> _Data excerpts_:
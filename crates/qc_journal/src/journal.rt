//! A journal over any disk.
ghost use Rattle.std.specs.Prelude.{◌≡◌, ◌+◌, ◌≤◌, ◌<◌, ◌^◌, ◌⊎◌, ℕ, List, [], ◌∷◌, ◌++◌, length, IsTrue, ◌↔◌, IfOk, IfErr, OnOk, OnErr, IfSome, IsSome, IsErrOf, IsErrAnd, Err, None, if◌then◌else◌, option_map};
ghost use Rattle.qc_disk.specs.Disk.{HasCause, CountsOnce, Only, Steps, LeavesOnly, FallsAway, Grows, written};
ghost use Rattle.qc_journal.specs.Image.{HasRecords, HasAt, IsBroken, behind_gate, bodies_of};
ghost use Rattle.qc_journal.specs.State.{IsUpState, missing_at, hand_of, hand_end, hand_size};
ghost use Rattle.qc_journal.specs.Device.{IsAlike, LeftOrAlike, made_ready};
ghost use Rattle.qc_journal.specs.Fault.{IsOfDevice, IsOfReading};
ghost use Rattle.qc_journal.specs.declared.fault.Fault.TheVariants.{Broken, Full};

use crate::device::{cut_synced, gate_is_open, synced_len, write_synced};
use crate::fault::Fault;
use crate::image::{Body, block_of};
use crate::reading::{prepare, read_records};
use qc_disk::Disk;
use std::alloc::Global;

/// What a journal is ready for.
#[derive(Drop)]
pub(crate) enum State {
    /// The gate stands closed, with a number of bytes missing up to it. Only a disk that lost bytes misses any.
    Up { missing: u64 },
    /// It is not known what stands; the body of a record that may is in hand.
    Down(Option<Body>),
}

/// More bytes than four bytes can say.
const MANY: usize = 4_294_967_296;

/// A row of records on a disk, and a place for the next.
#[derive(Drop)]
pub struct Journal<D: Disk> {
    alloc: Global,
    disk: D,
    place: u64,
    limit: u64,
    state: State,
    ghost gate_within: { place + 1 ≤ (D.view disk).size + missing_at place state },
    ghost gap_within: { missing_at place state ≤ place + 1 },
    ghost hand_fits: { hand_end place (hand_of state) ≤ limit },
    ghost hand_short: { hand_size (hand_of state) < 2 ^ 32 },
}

> _What you have to do_: For this exercise, retype each entry from above exactly as it stands.

> _Reply_:
filename crates/qc_journal/src/journal.rt
//! A journal over any disk.
ghost use Rattle.std.specs.Prelude.{◌≡◌, ◌+◌, ◌≤◌, ◌<◌, ◌^◌, ◌⊎◌, ℕ, List, [], ◌∷◌, ◌++◌, length, IsTrue, ◌↔◌, IfOk, IfErr, OnOk, OnErr, IfSome, IsSome, IsErrOf, IsErrAnd, Err, None, if◌then◌else◌, option_map};
ghost use Rattle.qc_disk.specs.Disk.{HasCause, CountsOnce, Only, Steps, LeavesOnly, FallsAway, Grows, written};
ghost use Rattle.qc_journal.specs.Image.{HasRecords, HasAt, IsBroken, behind_gate, bodies_of};
ghost use Rattle.qc_journal.specs.State.{IsUpState, missing_at, hand_of, hand_end, hand_size};
ghost use Rattle.qc_journal.specs.Device.{IsAlike, LeftOrAlike, made_ready};
ghost use Rattle.qc_journal.specs.Fault.{IsOfDevice, IsOfReading};
ghost use Rattle.qc_journal.specs.declared.fault.Fault.TheVariants.{Broken, Full};

use crate::device::{cut_synced, gate_is_open, synced_len, write_synced};
use crate::fault::Fault;
use crate::image::{Body, block_of};
use crate::reading::{prepare, read_records};
use qc_disk::Disk;
use std::alloc::Global;

/// What a journal is ready for.
#[derive(Drop)]
pub(crate) enum State {
    /// The gate stands closed, with a number of bytes missing up to it. Only a disk that lost bytes misses any.
    Up { missing: u64 },
    /// It is not known what stands; the body of a record that may is in hand.
    Down(Option<Body>),
}

/// More bytes than four bytes can say.
const MANY: usize = 4_294_967_296;

/// A row of records on a disk, and a place for the next.
#[derive(Drop)]
pub struct Journal<D: Disk> {
    alloc: Global,
    disk: D,
    place: u64,
    limit: u64,
    state: State,
    ghost gate_within: { place + 1 ≤ (D.view disk).size + missing_at place state },
    ghost gap_within: { missing_at place state ≤ place + 1 },
    ghost hand_fits: { hand_end place (hand_of state) ≤ limit },
    ghost hand_short: { hand_size (hand_of state) < 2 ^ 32 },
}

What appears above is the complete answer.